A University of Texas graduate, Bridges is a former Arnold Rosenfeld Editor of the Year for Cox Newspapers, past president of the Texas Associated Managing Editors and a board member for the Freedom of Information Foundation of Texas.
García helped launch the ProPublica-Texas Tribune Investigative Initiative a year ago and serves as its senior editor. That team has produced substantive projects that exposed the misuse of millions of public dollars in border wall construction, wrongful arrests during the COVID-19 curfews in the Rio Grande Valley and the scandalous deportation of undocumented children. One investigation caused a high-interest lender to the Latino community in Texas to drop thousands of its debt claims against customers, many of whom had lost their jobs due to the pandemic.
García is also former editor of the Naples Daily News, and was editor and general manager of Spanish-language el Nuevo Herald and senior news editor of the Miami Herald.

Express-News columnist, veteran reporter Gloria Padilla retires

SAN ANTONIO – San Antonio Express-News columnist Gloria Padilla retired in January after a 43-year career in the newspaper industry.
In a column announcing her retirement, the 1978 University of Texas graduate said the bulk of her career, which included stints at four newspapers, was spent with the Express-News, where she worked since the mid-1980s. She served first as a reporter covering city hall, federal courts, county government, the criminal justice system and higher education before becoming an opinion columnist 20 years ago.
Padilla and her husband, Don Finley, a former medical writer, were among the survivors of the San Antonio newspaper war, the fierce competition between Rupert Murdoch’s Express-News and the San Antonio Light, owned by the Hearst Corp.

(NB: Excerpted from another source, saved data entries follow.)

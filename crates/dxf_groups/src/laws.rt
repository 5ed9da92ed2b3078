//! Laws of the definitions of pairs and numerals.

ghost use Rattle.std.specs.Prelude.{◌≡◌, ◌++◌, List, [], ◌∷◌, ℕ, pos, negsuc, neg_ℤ, drop, Some, None, Ok, Err, codes};
ghost use Rattle.solid_model.specs.declared.fault.Fault.TheVariants.{BadCode, Binary, NoEof, NoValue};
ghost use Rattle.lemmas.specs.Lists.{Each};
ghost use Rattle.dxf_groups.specs.declared.numerals.NumeralFault.TheVariants as numeral;
ghost use Rattle.dxf_groups.specs.Numerals.{IsNumeral, Numeral, numeral_of, scaled_of, whole_of};
ghost use Rattle.dxf_groups.specs.Pairs.{ended, pairs_of, rest_of_text, utf8_mark, with_pair};
ghost use Rattle.dxf_groups.specs.SmallTexts.{pair_on, pairs_of_marked};
ghost use Rattle.dxf_groups.specs.TextLines.{behind_lines, text_lines};

/// The pairs of small texts, written out by hand: what is no code; what of a line doesn't count,
/// and what does; comments; how a text begins, and how it ends.
#[tactic(auto, unfolding(crate::specs::Pairs::pairs_of))]
pub fn small_texts()
    ensures no_code { Each (λ text. pairs_of text ≡ ended (Err (BadCode 1)))
        (codes "x\nA\n" ∷ codes "\nA\n" ∷ codes "+10\nA\n" ∷ codes "00000\nA\n" ∷ codes "12345\nA\n"
        ∷ codes "1 0\nA\n" ∷ codes "-\nA\n" ∷ codes "--1\nA\n" ∷ codes "10\r\r\nA\n"
        ∷ codes "10\r \nA\n" ∷ []) }
    ensures judged_first { pairs_of (codes "x") ≡ ended (Err (BadCode 1)) }
    ensures no_value { pairs_of (codes "0\nA\n10")
        ≡ with_pair (pair_on 1 (pos 0) (codes "A")) (ended (Err (NoValue 3))) }
    ensures codes_of_four_digits { pairs_of (codes "0010\nA\n-9999\nB\n-0\nC\n")
        ≡ with_pair (pair_on 1 (pos 10) (codes "A"))
        (with_pair (pair_on 3 (negsuc 9998) (codes "B"))
        (with_pair (pair_on 5 (pos 0) (codes "C")) (ended (Err (NoEof 7))))) }
    ensures padded { pairs_of (codes " 0\nLINE \r\n-5\n\t1 2\n  8\n\n-0\neof\r")
        ≡ with_pair (pair_on 1 (pos 0) (codes "LINE"))
        (with_pair (pair_on 3 (negsuc 4) (codes "1 2"))
        (with_pair (pair_on 5 (pos 8) []) (ended (Ok 7)))) }
    ensures two_returns { pairs_of (codes "1\nA\r \n0\nEOF\r\r\n")
        ≡ with_pair (pair_on 1 (pos 1) (codes "A\r"))
        (with_pair (pair_on 3 (pos 0) (codes "EOF\r")) (ended (Err (NoEof 5)))) }
    ensures any_bytes { pairs_of (codes "1\n" ++ 195 ∷ 0 ∷ 246 ∷ 10 ∷ [])
        ≡ with_pair (pair_on 1 (pos 1) (195 ∷ 0 ∷ 246 ∷ [])) (ended (Err (NoEof 3))) }
    ensures comments { pairs_of (codes "999\na\n0999\n\n-999\nB\n0\nEOF\n")
        ≡ with_pair (pair_on 5 (negsuc 998) (codes "B")) (ended (Ok 7)) }
    ensures comment_without_value { pairs_of (codes "999\n") ≡ ended (Err (NoValue 1)) }
    ensures empty { pairs_of [] ≡ ended (Err (NoEof 1)) }
    ensures mark_alone { pairs_of_marked [] ≡ ended (Err (NoEof 1)) }
    ensures mark { pairs_of_marked (codes "0\nEOF\n") ≡ ended (Ok 1) }
    ensures two_marks { pairs_of_marked (utf8_mark ++ codes "0\nEOF\n")
        ≡ ended (Err (BadCode 1)) }
    ensures binary { pairs_of (codes "AutoCAD Binary DXF\r\n") ≡ ended (Err (Binary 1)) }
    ensures binary_after_mark { pairs_of_marked (codes "AutoCAD Binary DXF")
        ≡ ended (Err (Binary 1)) }
    ensures no_binary { Each (λ text. pairs_of text ≡ ended (Err (BadCode 1)))
        (codes " AutoCAD Binary DXF\n" ∷ codes "autocad binary dxf\n" ∷ []) }
    ensures ends { Each (λ text. pairs_of text ≡ ended (Ok 1))
        (codes "0\nEOF" ∷ codes "0\nEOF\r" ∷ codes "000\n eOf \nx\n12345" ∷ []) }
    ensures no_end { pairs_of (codes "1\nEOF\n0\nEOF1\n")
        ≡ with_pair (pair_on 1 (pos 1) (codes "EOF"))
        (with_pair (pair_on 3 (pos 0) (codes "EOF1")) (ended (Err (NoEof 5)))) }
{}

/// What stands behind the end pair of small texts, written out by hand: its two lines and what
/// stands before them are passed, and nothing else.
#[tactic(auto, unfolding(crate::specs::Pairs::pairs_of, crate::specs::Pairs::rest_of_text))]
pub fn small_rests()
    ensures nothing { Each (λ text. rest_of_text text ≡ Some [])
        (codes "0\nEOF" ∷ codes "0\nEOF\r" ∷ codes "0\nEOF\n"
        ∷ codes "999\n\n 0\neof \r\n" ∷ []) }
    ensures returns { rest_of_text (codes "0\r\nEOF\r\nlog 1\r\n") ≡ Some (codes "log 1\r\n") }
    ensures no_feed_behind { rest_of_text (codes "1\nA\n0\nEOF\nlog 1") ≡ Some (codes "log 1") }
    ensures empty_lines { rest_of_text (codes "0\nEOF\n\n \n") ≡ Some (codes "\n \n") }
    ensures second_end { rest_of_text (codes "0\nEOF\n0\nEOF\nx") ≡ Some (codes "0\nEOF\nx") }
    ensures mark { rest_of_text (utf8_mark ++ codes "0\nEOF\nx") ≡ Some (codes "x") }
    ensures mark_behind { rest_of_text (codes "0\nEOF\n" ++ utf8_mark) ≡ Some utf8_mark }
    ensures none { Each (λ text. rest_of_text text ≡ None)
        (codes "" ∷ codes "0\n" ∷ codes "0\nEOF1\n" ∷ codes "EOF\n0\nEOF\nx" ∷ []) }
{}

/// The lines of what stands behind the first lines of a text are its other lines.
pub fn lines_behind_lines()
    ensures { (n : ℕ) (text : List ℕ)
        → text_lines (behind_lines n text) ≡ drop n (text_lines text) }
{}

/// What some texts stand for as numerals.
#[tactic(auto, unfolding(crate::specs::Numerals::numeral_of, crate::specs::Numerals::scaled_of))]
pub fn small_numerals()
    ensures ten { Each (λ text. whole_of text ≡ Ok (pos 10))
        (codes "10" ∷ codes "+10" ∷ codes "10." ∷ codes "1.0E+01" ∷ codes "1000e-2"
        ∷ codes ".1E2" ∷ []) }
    ensures five { whole_of (codes ".5e1") ≡ Ok (pos 5) }
    ensures one { Each (λ text. whole_of text ≡ Ok (pos 1))
        (codes "10E-1" ∷ codes "100000000000000000000E-20" ∷ codes "0.00000000000000000001E20"
        ∷ []) }
    ensures zero { Each (λ text. whole_of text ≡ Ok (pos 0)) (codes "-0.0" ∷ codes "0E400" ∷ []) }
    ensures negative { whole_of (codes "-12.5000E1") ≡ Ok (neg_ℤ (pos 125)) }
    ensures greatest { whole_of (codes "1000000000") ≡ Ok (pos 1000000000) }
    ensures least { whole_of (codes "-1000000000.0") ≡ Ok (neg_ℤ (pos 1000000000)) }
    ensures not_whole { Each (λ text. whole_of text ≡ Err numeral.NotWhole)
        (codes "2.5" ∷ codes "1E-5" ∷ codes "1E-400" ∷ codes "1000000001.5" ∷ []) }
    ensures too_far { Each (λ text. whole_of text ≡ Err numeral.TooFar)
        (codes "1000000001" ∷ codes "-1000000001" ∷ codes "-.1E11" ∷ codes "1E400" ∷ []) }
    ensures bad_number { Each (λ text. whole_of text ≡ Err numeral.BadNumber)
        (codes "" ∷ codes "." ∷ codes "+" ∷ codes "1E" ∷ codes "1e+" ∷ codes "E5" ∷ codes "1.2.3"
        ∷ codes "1,0" ∷ codes " 1" ∷ codes "+-1" ∷ []) }
{}

/// What some texts stand for that are read with decimals. A point that the exponent and the
/// decimals move past all digits leaves a whole number; one that stops before a digit other than 0
/// doesn't.
#[tactic(auto, unfolding(crate::specs::Numerals::numeral_of, crate::specs::Numerals::scaled_of))]
pub fn small_decimals()
    ensures three { Each (λ text. scaled_of 3 text ≡ Ok (pos 12500))
        (codes "12.5" ∷ codes "12.500000" ∷ codes "1.25E+01" ∷ codes "12500e-3"
        ∷ codes "12500000E-6"
        ∷ codes ".125e2" ∷ []) }
    ensures one { scaled_of 1 (codes "0.5") ≡ Ok (pos 5) }
    ensures six { scaled_of 6 (codes "-1e-6") ≡ Ok (neg_ℤ (pos 1)) }
    ensures more_than_digits { scaled_of 6 (codes "7.25E-2") ≡ Ok (pos 72500) }
    ensures zero { Each (λ text. scaled_of 3 text ≡ Ok (pos 0))
        (codes "-0.0" ∷ codes "0e-400" ∷ codes "0.000E400" ∷ []) }
    ensures farthest { scaled_of 3 (codes "-1000000.000") ≡ Ok (neg_ℤ (pos 1000000000)) }
    ensures not_whole { Each (λ text. scaled_of 3 text ≡ Err numeral.NotWhole)
        (codes "12.0005" ∷ codes "5e-4" ∷ codes "1E-400" ∷ codes "1000000.0005" ∷ []) }
    ensures too_far { Each (λ text. scaled_of 3 text ≡ Err numeral.TooFar)
        (codes "1000000.001" ∷ codes "-1000001" ∷ codes "1E400" ∷ []) }
    ensures bad_number { Each (λ text. scaled_of 3 text ≡ Err numeral.BadNumber)
        (codes "" ∷ codes "1,5" ∷ codes "1.5mm" ∷ []) }
{}

/// A text is read as a numeral just where the grammar of numerals spells it so. So each text has
/// one reading at most.
pub fn numerals_are_spelled_so()
    ensures read { (text : List ℕ) (n : Numeral) → numeral_of text ≡ Some n → IsNumeral text n }
    ensures spelled { (text : List ℕ) (n : Numeral) → IsNumeral text n → numeral_of text ≡ Some n }
{}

“We had just mailed off our first home mortgage payment when we learned that Murdoch was selling our newspaper to the Hearst Corp.,” Pasilla wrote. “For a few panicked minutes, I thought it was the Express-News that would be shuttered.”
However, it was the staff of The Light who lost their jobs. When Murdoch sold the Express-News to the Hearst Corp. in 1992, Hearst closed its own paper, laid off that staff and kept the Express-News.
“It has been devastating to see colleagues here and across the country lose their jobs as more and more newspapers downsize or close,” Padilla said.
She noted many changes in the newspaper industry since her generation entered the field as college graduates drawn to journalism careers during the Watergate crisis, when Washington Post investigative reporting by Bob Woodward and Carl Bernstein led to the resignation of President Richard Nixon in 1974.
“Today there are many who would consider the news media the enemy and discredit the work being done. Yes, staffs are shrinking.  Circulation numbers for newspapers printed on paper are down. But the day-to-day work of reporting the news in communities across our nation — and across the globe — is more important now than ever before,” Padilla said.
“News organizations play a vital role in maintaining transparency in government and holding elected officials and public agencies accountable.”
As a minority hired in the mid-1980s, Padilla said she worked hard to prove she wasn’t “simply hired to fill a quota.” Being among the few bilingual reporters gained her a few plum assignments, she added.
While diversity issues still persist in the country’s newsrooms, Padilla said she was encouraged by the Hearst Corp.’s efforts to address it.